# Prompt
From the records below, return every line containing the word "IsSome".

# Saved data entries
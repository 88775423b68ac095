//! Many entries of a directory put at once: it is read once and written once.
ghost use Rattle.std.specs.Prelude.{◌+◌, ◌<◌, length, IfOk, IsSome};
ghost use Rattle.plain_trees.specs.Trees.{nodes_for};
ghost use Rattle.nodes.specs.Trees.{entries_in, items_in};
ghost use Rattle.nodes.specs.Rewritten.{IsFreshChain};
ghost use Rattle.directory.specs.Counts.{nodes_in};
ghost use Rattle.directory.specs.Puts as spec;
ghost use Rattle.directory.specs.Trails.{IsChangeFault};
ghost use Rattle.nodes.specs.Words.{WorksWithin};

use crate::list_writes::write_list;
use crate::node_lists::read_list;
use fs_types::{Fault, Name};
use node_format::{EntryList, Place, Spelled};
use nodes::Nodes;
use std::alloc::{AllocError, Global};

/// A name of a directory, and the place that it is to lead to.
#[derive(Clone, Copy)]
pub struct NamedPlace<'n> {
    pub name: &'n Name,
    pub place: Place,
}

/// The entries with names put, one at least.
fn put_each(
    alloc: Global,
    list: &EntryList<'_>,
    puts: &[NamedPlace<'_>],
) -> Result<Spelled, AllocError>
    requires some { 0 < length puts.now }
    requires room { spec.HasRoomFor list.now puts.now }
    ensures { IfOk result (λ new. spec.IsPutEach list.now puts.now new) }
{
    let first = &puts[0];
    let mut edited = list.with_entry(alloc, first.name.as_bytes(), first.place)?;
    for i in 1..puts.len() {
        let put = &puts[i];
        edited = edited
            .list()
            .with_entry(alloc, put.name.as_bytes(), put.place)?;
    }
    Ok(edited)
}

/// Writes the directory that begins in a block anew, with names put, one at least: each leads to its
/// place. Answers the block of its first node.
pub fn put_in_directory<N: Nodes>(
    alloc: Global,
    nodes: &mut N,
    block: u32,
    puts: &[NamedPlace<'_>],
) -> Result<u32, Fault>
    requires sound { N.is_sound nodes.old }
    requires there { IsSome (entries_in (N.node nodes.old) block) }
    requires some { 0 < length puts.now }
    requires room { spec.HasRoomFor (items_in (N.node nodes.old) block) puts.now }

    // The new directory.
    ensures put { IfOk result (λ to. spec.IsDirectoryPut (N.node nodes.old) (N.node nodes.new) block to puts.now × IsFreshChain (N.node nodes.old) (N.node nodes.new) (N.kept nodes.old) (N.kept nodes.new) block to) }

    // What it is refused with, and what it asks for.
    ensures calls { WorksWithin N.Nodes IsChangeFault (nodes_in (N.node nodes.old) block) (nodes_for (length (items_in (N.node nodes.old) block) + spec.count_missing (items_in (N.node nodes.old) block) puts.now)) nodes.old result nodes.new }
{
    let (read, tail) = read_list(alloc, nodes, block, puts[0].name, None)?;
    let edited = put_each(alloc, &read.list(), puts)?;
    write_list(alloc, nodes, &edited.list(), tail)
}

# Result for this exercise
ghost use Rattle.std.specs.Prelude.{◌+◌, ◌<◌, length, IfOk, IsSome};
    requires there { IsSome (entries_in (N.node nodes.old) block) }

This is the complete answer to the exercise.